The LTTE, notorious for its use of children in combat, stands accused of continuing to recruit minors for military training despite the past three and a half years of the ceasefire, according to latest reports from the National Child Protection Authority (NCPA).

A report launched recently by the NCPA state that 5,081 children (2,975 boys and 2106 girls) had been recruited by the Tamil Tigers for military training from the date of the truce, Feb 22 up to the end of July 2005. Although the report says that the LTTE had returned 1,480 children back to their parents, NCPA sources say the menace of children being recruited as child soldiers continues unabated. “Society regards perpetrators of child rights violations such as sexual abuse and child labour without any mercy or sympathy. However, in the case of child recruitment, the tolerance level seems to be much high, mainly because of fear of the Tigers,” a senior NCPA official said.

A key reason that allows the LTTE a free hand in the use of children in war is the fact that the rebels have ended up being guardians of thousands of children orphaned by the 20-year-old war between the government and rebels. The LTTE theoretician Anton Balasingham who ended up answering most of the questions put to the LTTE leader Prabhakaran in the famous rebel press conference in April 2002, was seen angrily dismissing the question of child recruits with the bland statement that the LTTE ‘looks after hundreds of orphans’.

The question was not repeated at that press conference by any other journalist because of the fears of reprisal. But this statement of Balasingham clearly revealed why it was easy for the LTTE to have complete control over the children in its territory. “Policies to stop recruitment must be incorporated into all peace processes, peace agreements, and post-conflict recovery, which is seriously lacking in Sri Lanka”, child rights officials say adding that this is a major flaw in the truce signed between the government and the LTTE.

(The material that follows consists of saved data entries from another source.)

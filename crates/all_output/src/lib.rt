// The layer file put into the output, or the output found too short before the first byte is written.

#![tactic(auto)]

pub mod unchecked;
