//! The receipts of a history's actors, which nobody kept: they are made of its steps.
#![tactic(auto)]

mod made;

pub use made::receipts_by_actor;
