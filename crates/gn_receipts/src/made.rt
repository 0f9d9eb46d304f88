//! Receipts that are made of a history.

ghost use Rattle.std.specs.Prelude.{◌≡◌, ◌<◌, ◌^◌, ◌++◌, ◌∷◌, [], IfOk, OnOk, length, map, set, slice_index_or};
ghost use Rattle.gn_receipts.specs.Made.{AreMade, receipt_at, receipt_list};

use gn_rules::{Receipt, Step};
use std::alloc::{AllocError, Allocator};

/// The receipt of a step with this index. An `Err` is out of memory.
fn receipt_of<A: Allocator + Copy>(
    alloc: A,
    index: u32,
    step: &Step<A>,
) -> Result<Receipt<A>, AllocError>
    ensures { IfOk result (λ receipt. receipt ≡ receipt_at index step.now) }
{
    Ok(Receipt {
        index,
        event: step.event.copy()?,
        reply: step.reply.copy(alloc)?,
    })
}

/// So many lists without receipts. An `Err` is out of memory.
fn empty_lists<A: Allocator + Copy>(
    alloc: A,
    actors: u32,
) -> Result<Vec<Vec<Receipt<A>, A>, A>, AllocError>
    ensures { IfOk result (λ all. AreMade actors [] (map receipt_list all.items)) }
{
    let mut all = Vec::new(alloc);
    for _ in 0..actors {
        all.push(Vec::new(alloc))?;
    }
    Ok(all)
}

/// A step's receipt goes to those of its actor, where that is one of these. An `Err` is out of memory.
fn add<A: Allocator + Copy>(
    alloc: A,
    all: &mut Vec<Vec<Receipt<A>, A>, A>,
    index: u32,
    step: &Step<A>,
) -> Result<(), AllocError>
    ensures { OnOk result (map receipt_list all.new.items
        ≡ set (map receipt_list all.old.items) step.now.actor
        (slice_index_or (map receipt_list all.old.items) step.now.actor [] ++ receipt_at index step.now ∷ [])) }
{
    let actor = step.actor as usize;
    if actor < all.len() {
        all[actor].push(receipt_of(alloc, index, step)?)?;
    }
    Ok(())
}

/// The receipts of each of these actors, in one pass over a history. An `Err` is out of memory.
pub fn receipts_by_actor<A: Allocator + Copy>(
    alloc: A,
    steps: &[Step<A>],
    actors: u32,
) -> Result<Vec<Vec<Receipt<A>, A>, A>, AllocError>
    requires { length steps.now < 2 ^ 32 }
    ensures { IfOk result (λ all. AreMade actors steps.now (map receipt_list all.items)) }
{
    let mut all = empty_lists(alloc, actors)?;
    let mut index: u32 = 0;
    for step in steps {
        add(alloc, &mut all, index, step)?;
        index += 1;
    }
    Ok(all)
}
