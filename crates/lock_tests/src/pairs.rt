// Pairs of an actor and a number, in order.
ghost use Rattle.std.specs.Prelude.{⊤, ◌≡◌, ◌≤◌, [], false, vec_len, vec_capacity, length, nat_le, IfOk};

use gui_lock::{Entry, Kept};
use std::alloc::{AllocError, Global};

/// How many pairs there may be.
const MOST: usize = 4096;

/// From this number on memory is wanting for a call, as where a device can't be had.
pub const WANTING: u32 = 1_000_000;

#[derive(Clone, Copy, Debug, PartialEq, Eq)]
pub enum Answer {
    Added,
    Full,
    Memory,
}

impl Answer {
    ghost use Rattle.lock_tests.specs.Pairs.{is_added_lem};

    pub fn is_added(self) -> bool
        ensures { result ≡ is_added_lem self }
    {
        match self {
            Answer::Added => true,
            Answer::Full | Answer::Memory => false,
        }
    }
}

/// The pairs that were added.
#[derive(Drop)]
pub struct Pairs {
    entries: Vec<Entry<u32>>,
    ghost within: { vec_len entries ≤ 4096 },
    ghost reserved: { 4096 ≤ vec_capacity entries },
}

impl Pairs {
    pub fn new(alloc: Global) -> Result<Pairs, AllocError>
        ensures { IfOk result (λ pairs. pairs.entries.items ≡ []) }
    {
        Ok(Pairs {
            entries: Vec::with_capacity(alloc, MOST)?,
        })
    }

    pub fn entries(&self) -> &[Entry<u32>] {
        self.entries.as_slice()
    }
}

impl Kept for Pairs {
    ghost use Rattle.lock_tests.specs.Pairs.{is_wanting, may_want, adds};
    ghost use Rattle.std.proofs.Common.{rules};
    ghost use Rattle.std.proofs.lemmas.Grind.{common_steps};

    type Call = u32;

    type Reply = Answer;

    type Room = u8;

    type Ask = usize;

    type Kind = u8;

    ghost entries = { λ pairs. pairs.entries.items };

    ghost kind = { λ _. 0 };

    ghost may_apply = { λ _ _ _ _. ⊤ };

    ghost is_memory = { is_wanting };

    ghost may_want = { may_want };

    ghost gives = { λ _ _ _ room before. adds room before };

    ghost reach = { λ _. 0 };

    ghost answers = { λ _ least log. nat_le least (length log) };

    ghost short = { λ pairs. Prim.search (rules, common_steps) };

    fn len(&self) -> usize {
        self.entries.len()
    }

    fn apply(&mut self, actor: u16, call: &u32, _room: &mut u8) -> Answer {
        if *call >= WANTING {
            return Answer::Memory;
        }
        if self.entries.len() >= MOST {
            return Answer::Full;
        }
        self.entries.push_reserved(Entry::Made(actor, *call));
        Answer::Added
    }

    fn ask(&mut self, least: usize) -> bool {
        least <= self.entries.len()
    }
}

“The LTTE’s psychological expertise in breeding bloodthirstiness for war among youth is not easily penetrated. It is a menace which the international community can do little to combat as even the foreign truce monitors are barred from entering some areas under the LTTE control,” explains a human rights activist in northern Jaffna where the LTTE is reported to have recruited over 700 children as militants in the past three years. She relates an incident concerning a woman who had been a former LTTE cadre, during the early 1980’s when the LTTE began expanding the organization.

After a few years of being with the LTTE the woman, who was then a little more than a child and had been a war orphan, fled the Tiger camp with difficulty. Managing (apparently quite miraculously) to escape from the punishment meted out to those who flee the organization, she sought refuge in government military-controlled Jaffna with the help of some NGO activists in the region.

Recently the woman who had settled down into family life had been appalled to find that her teenaged daughter had one day, instead of going to school, travelled from Jaffna to the LTTE-controlled region, to join the Tamil Tiger militants, willingly.

“What took place next was a drama. The woman appealed for our help and we supported her in locating her daughter and brought her back which involved a long process. By this time the daughter too had had a taste of what it was like in the LTTE camps”, says the human rights activist. The fact that LTTE supporters are in charge of north eastern university student movements (located in government controlled areas) and wield heavy influence over student bodies make the Tiger recruitment easier, child rights activists point out.

The defection of the organization last year by the LTTE militant Karuna is also cited as one more reason that has added to the plight of children in the east, especially in eastern Batticaloa where the renegade militant faction is said to operate from the jungles. “Abductions are rampant in Batticaloa. Here it could be both the militant factions. The situation is clearly worsened after war was declared between Karuna and Prabhakaran,” a human rights source in Batticaloa said.